El poder quiere propaganda, no periodismo.

El capital de los medios es la credibilidad. El periodismo es un bien público; bajo esa lógica se tasan sus acciones. La rentabilidad da base de independencia. Pero la eficacia de los anuncios disminuye en un medio que pierde la confianza del público. El modelo de empresa construido alrededor del diario se ha caído. Inversiones que nutren la prensa tienen intereses contradictorios con la comunicación. Los diarios viven la tentación de acercarse mucho al poder político y económico. Pero el poder quiere propaganda, no periodismo.

Criterios como esos, asociados a los desafíos de los medios en el siglo XXI, fueron debatidos durante varias jornadas en Buenos Aires, en ocasión del 60 aniversario del diario Clarín. “Porque pensamos que la verdad y la independencia siguen siendo centrales en esta profesión, nos propusimos discutir con madurez las amenazas que plantean, por ejemplo, las fuerzas del poder y del mercado”, dijo al inaugurar las deliberaciones la directora de ese diario, Ernestina Herrera. Ahí estuvieron editores de The New York Times, Le Monde, El País, The Independent, La Stampay Milenio, entre otros.
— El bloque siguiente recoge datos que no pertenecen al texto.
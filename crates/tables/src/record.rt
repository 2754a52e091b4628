// The columns of the record table, and how many numbers a row has.
pub const TAG: u16 = 0;

pub const A: u16 = 1;

pub const B: u16 = 2;

pub const C: u16 = 3;

pub const N: u16 = 4;

pub const UP: u16 = 5;

pub const LEFT: u16 = 6;

pub const NUMBERS: usize = 7;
Los problemas actuales para esos medios son los casos Janet Cook de The Washington Post, y Jayson Blair, de The New York Times, quienes falsearon deliberadamente datos. “Cuando estallan en los diarios paradigmáticos este tipo de escándalos, existe una especie de compulsión a mirarnos hacia nosotros para descubrir qué es lo que no hicimos para que estas cosas ocurran”, expuso el editor Ricardo Kirschbaum. Otro problema deriva de las restricciones del poder político en la lucha contra terrorista que ha llevado a la cárcel a Judith Miller periodista del NYTpor negarse a revelar sus fuentes, justamente en el país que fijó las pautas de la libertad de prensa.
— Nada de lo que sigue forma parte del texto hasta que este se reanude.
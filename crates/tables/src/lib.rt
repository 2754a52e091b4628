// Lent tables of 16-bit numbers, read and written without a limit, and the records of a tree streamed through the free rows of their table.
//
// A record takes seven numbers: tag, a, b, c, n, and two for the walk, `up` and `left`. The record table is a gap buffer:
//
//     visited rows | free rows, all 0 | rows still to visit
//
// A pass reads at the right end of the free rows and writes at their left end, so that a made row takes a free one and no row behind the
// list that is rewritten moves. A row is named by the number of rows up to it, from 1 on; a place between rows by the row before it.
//
// The memory is the caller's, since there is no heap, and C lends it as such slices. A row may hold any number there (`row_after`), so tags
// and kinds are numbers with names, and no enums.
#![tactic(auto)]

pub mod record;
pub mod scope;
pub mod symbol;

ghost use Rattle.std.specs.Prelude.{◌≡◌, get_or, set};
ghost use Rattle.tables.specs.Table.{column_f, row_f, set_column_f, set_row_f, closed_row_f, move_row_f, end_f, new_numbers_at, counts_at};
ghost use Rattle.tables.specs.Stream.{buf, emit_f, replace_row_f, copy_row_f, copy_f, unread_row_f, take_back_f};

use meaning::RecordId;

// The largest number of a table, and the most rows that it can have.
pub const LARGEST: u16 = 65535;

// A row of the record table.
#[derive(Clone, Copy, Default, PartialEq, Eq, Debug)]
pub struct Row {
    pub tag: u16,
    pub a: u16,
    pub b: u16,
    pub c: u16,
    pub n: u16,
    pub up: u16,
    pub left: u16,
}

// The last row read and the last row written.
#[derive(Clone, Copy)]
pub struct Cursor {
    pub read: RecordId,
    pub written: RecordId,
}

// ---- numbers

// The number at a place, or 0 past the end: the clause's number, so no `Option`.
pub fn get(table: &[u16], at: usize) -> u16
    ensures { result ≡ get_or table.now at 0 }
{
    table.get(at).copied().unwrap_or(0)
}

// Stores a number or a byte; past the end nothing happens.
pub fn put<T: Copy>(table: &mut [T], at: usize, v: T)
    ensures { table.new ≡ set table.old at v }
{
    // By index: of the slice after a `get_mut` the library promises nothing.
    if at < table.len() {
        table[at] = v;
    }
}

// ---- rows

// The columns as places in a row.
const A: usize = record::A as usize;

const B: usize = record::B as usize;

const C: usize = record::C as usize;

const N: usize = record::N as usize;

const UP: usize = record::UP as usize;

const LEFT: usize = record::LEFT as usize;

// The number in a column of the row after another.
#[tactic(auto, unfolding(crate::specs::Table::column_f))]
pub fn column(records: &[u16], after: RecordId, f: u16) -> u16
    ensures { result ≡ column_f records.now after.0 f }
{
    get(records, (after.0 as usize) * record::NUMBERS + (f as usize))
}

// Stores a number in a column of the row after another.
#[tactic(auto, unfolding(crate::specs::Table::set_column_f))]
pub fn put_column(records: &mut [u16], after: RecordId, f: u16, v: u16)
    ensures { records.new ≡ set_column_f records.old after.0 f v }
{
    put(
        records,
        (after.0 as usize) * record::NUMBERS + (f as usize),
        v,
    );
}

// The row after another, where the table may end inside it. Apart from `row_after`, which reads a whole row after one test; so it is with
// `put_by_column`.
#[tactic(auto, unfolding(crate::specs::Table::row_f))]
fn row_by_column(records: &[u16], after: RecordId) -> Row
    ensures { result ≡ row_f records.now after.0 }
{
    Row {
        tag: column(records, after, record::TAG),
        a: column(records, after, record::A),
        b: column(records, after, record::B),
        c: column(records, after, record::C),
        n: column(records, after, record::N),
        up: column(records, after, record::UP),
        left: column(records, after, record::LEFT),
    }
}

// The row after another.
#[tactic(auto, unfolding(crate::specs::Table::row_f, crate::specs::Table::column_f))]
pub fn row_after(records: &[u16], after: RecordId) -> Row
    ensures { result ≡ row_f records.now after.0 }
{
    let at = (after.0 as usize) * record::NUMBERS;
    if records.len() < at + record::NUMBERS {
        return row_by_column(records, after);
    }
    Row {
        tag: records[at],
        a: records[at + A],
        b: records[at + B],
        c: records[at + C],
        n: records[at + N],
        up: records[at + UP],
        left: records[at + LEFT],
    }
}

// Stores the row after another, where the table may end inside it.
#[tactic(auto, unfolding(crate::specs::Table::set_row_f))]
fn put_by_column(records: &mut [u16], after: RecordId, r: Row)
    ensures { records.new ≡ set_row_f records.old after.0 r }
{
    put_column(records, after, record::TAG, r.tag);
    put_column(records, after, record::A, r.a);
    put_column(records, after, record::B, r.b);
    put_column(records, after, record::C, r.c);
    put_column(records, after, record::N, r.n);
    put_column(records, after, record::UP, r.up);
    put_column(records, after, record::LEFT, r.left);
}

// Stores the row after another.
#[tactic(auto, unfolding(crate::specs::Table::set_row_f, crate::specs::Table::set_column_f))]
pub fn put_row(records: &mut [u16], after: RecordId, r: Row)
    ensures { records.new ≡ set_row_f records.old after.0 r }
{
    let at = (after.0 as usize) * record::NUMBERS;
    if records.len() < at + record::NUMBERS {
        put_by_column(records, after, r);
    } else {
        records[at] = r.tag;
        records[at + A] = r.a;
        records[at + B] = r.b;
        records[at + C] = r.c;
        records[at + N] = r.n;
        records[at + UP] = r.up;
        records[at + LEFT] = r.left;
    }
}

// A row that is not open.
pub fn closed_row(tag: u16, a: u16, b: u16, c: u16, n: u16) -> Row
    ensures { result ≡ closed_row_f tag a b c n }
{
    Row {
        tag,
        a,
        b,
        c,
        n,
        ..Row::default()
    }
}

// Clears the row after another: a free row's numbers are 0.
pub fn clear_row(records: &mut [u16], after: RecordId)
    ensures { records.new ≡ set_row_f records.old after.0 (closed_row_f 0 0 0 0 0) }
{
    put_row(records, after, Row::default());
}

// Clears the row after one place and stores a row after another.
#[tactic(auto, unfolding(crate::specs::Table::move_row_f))]
pub fn move_row(records: &mut [u16], from: RecordId, to: RecordId, r: Row)
    ensures { records.new ≡ move_row_f records.old from.0 to.0 r }
{
    clear_row(records, from);
    put_row(records, to, r);
}

// The last row of `count` subtrees after a row.
pub fn end_after(records: &[u16], after: RecordId, count: u16) -> RecordId
    ensures { result.0 ≡ end_f records.now after.0 count }
{
    let mut pending = count as usize;
    for at in after.0..LARGEST {
        if pending == 0 {
            return RecordId(at);
        }
        pending = pending - 1 + (column(records, RecordId(at), record::N) as usize);
    }
    RecordId(LARGEST)
}

// ---- behind the rows of the other tables
//
// Two functions of one line: one with the widths as parameters would be called by two that name them.

// Where the new numbers of scopes stand: behind the rows for which the table has numbers.
#[tactic(auto, unfolding(crate::specs::Table::new_numbers_at))]
pub fn new_numbers_at(scopes: &[u16]) -> usize
    ensures { result ≡ new_numbers_at scopes.now }
{
    scopes.len() / scope::LENT * scope::NUMBERS
}

// Where the counts of symbols stand: behind the rows for which the table has numbers.
#[tactic(auto, unfolding(crate::specs::Table::counts_at))]
pub fn counts_at(symbols: &[u16]) -> usize
    ensures { result ≡ counts_at symbols.now }
{
    symbols.len() / symbol::LENT * symbol::NUMBERS
}

// ---- streaming

// Writes a new row.
#[tactic(auto, unfolding(crate::specs::Stream::emit_f))]
pub fn emit(records: &mut [u16], q: Cursor, r: Row) -> Cursor
    ensures { buf records.new result ≡ emit_f (buf records.old q) r }
{
    put_row(records, q.written, r);
    Cursor {
        written: RecordId(q.written.0.saturating_add(1)),
        ..q
    }
}

// Writes a row in the place of the next one.
#[tactic(auto, unfolding(crate::specs::Stream::replace_row_f))]
pub fn replace_row(records: &mut [u16], q: Cursor, r: Row) -> Cursor
    ensures { buf records.new result ≡ replace_row_f (buf records.old q) r }
{
    move_row(records, q.read, q.written, r);
    Cursor {
        read: RecordId(q.read.0.saturating_add(1)),
        written: RecordId(q.written.0.saturating_add(1)),
    }
}

// Copies the next row.
#[tactic(auto, unfolding(crate::specs::Stream::copy_row_f))]
pub fn copy_row(records: &mut [u16], q: Cursor) -> Cursor
    ensures { buf records.new result ≡ copy_row_f (buf records.old q) }
{
    let r = row_after(records, q.read);
    replace_row(records, q, r)
}

// Copies `count` whole subtrees. Not by `copy_row`, which would be called for each row, with its N read once more.
pub fn copy(records: &mut [u16], q: Cursor, count: u16) -> Cursor
    ensures { buf records.new result ≡ copy_f (buf records.old q) count }
{
    let mut written = q.written;
    let mut pending = count as usize;
    for read in q.read.0..LARGEST {
        if pending == 0 {
            return Cursor {
                read: RecordId(read),
                written,
            };
        }
        let r = row_after(records, RecordId(read));
        clear_row(records, RecordId(read));
        put_row(records, written, r);
        written = RecordId(written.0.saturating_add(1));
        pending = pending - 1 + (r.n as usize);
    }
    Cursor {
        read: RecordId(LARGEST),
        written,
    }
}

// The last row written goes behind the free rows again.
#[tactic(auto, unfolding(crate::specs::Stream::unread_row_f))]
pub fn unread_row(records: &mut [u16], q: Cursor) -> Cursor
    ensures { buf records.new result ≡ unread_row_f (buf records.old q) }
{
    let from = RecordId(q.written.0.saturating_sub(1));
    let to = RecordId(q.read.0.saturating_sub(1));
    let r = row_after(records, from);
    move_row(records, from, to, r);
    Cursor {
        read: to,
        written: from,
    }
}

// The last `n` rows written go behind the free rows again. A loop of its own beside that of `copy`: one for both would take the step as a closure
// that holds the table, and say in its contract what a call leaves there.
pub fn take_back(records: &mut [u16], start: Cursor, n: u16) -> Cursor
    ensures { buf records.new result ≡ take_back_f n (buf records.old start) }
{
    let mut q = start;
    for _ in 0..n {
        q = unread_row(records, q);
    }
    q
}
“La prensa escrita permite investigar, reflexionar, explicar los acontecimientos… y puede contribuir a dar profundidad al diálogo republicano”, propuso Jesús Ceberio, director de El País. “Los diarios tienen aún un capital valioso… Pensemos cómo aprovecharlo y recrearlo con responsabilidad, sin soberbia, asumiendo nuestros errores.” Y narró su peor error en 35 años de periodismo. El 11 de marzo de 2004, tras los atentados de la estación de Atocha, recibió una llamada del presidente Aznar, quien le aseguró que la ETA era responsable. El titular para la edición vespertina extraordinaria decía “Matanza terrorista en Madrid”, y fue cambiado por “Matanza de ETA en Madrid”. La moraleja, dice Ceberio, es que “no hay fuente, por privilegiada que sea, que no exija contrastes”. Simon Kelner ( The Independent) habló sobre la relación de los periodistas con el medio. Contó que hace dos años Tony Blair fue invitado a almorzar al diario. Fue recibido por directivos y un puñado de reporteros. En un momento Blair llamó a levantar la mano por los que estaban a favor y en contra de la guerra en Irak. Los periodistas votaron en contra; los directivos, a favor. A pesar de estas opiniones, “el periódico mantuvo su independencia, tanto de la presión del gobierno como de la intervención de los propietarios”, sostuvo. Una conclusión general fue: Hay que “volver al ABC del periodismo. Sacudir la burocracia que se establece en las redacciones si no existen formas de capacitación y de estímulo”.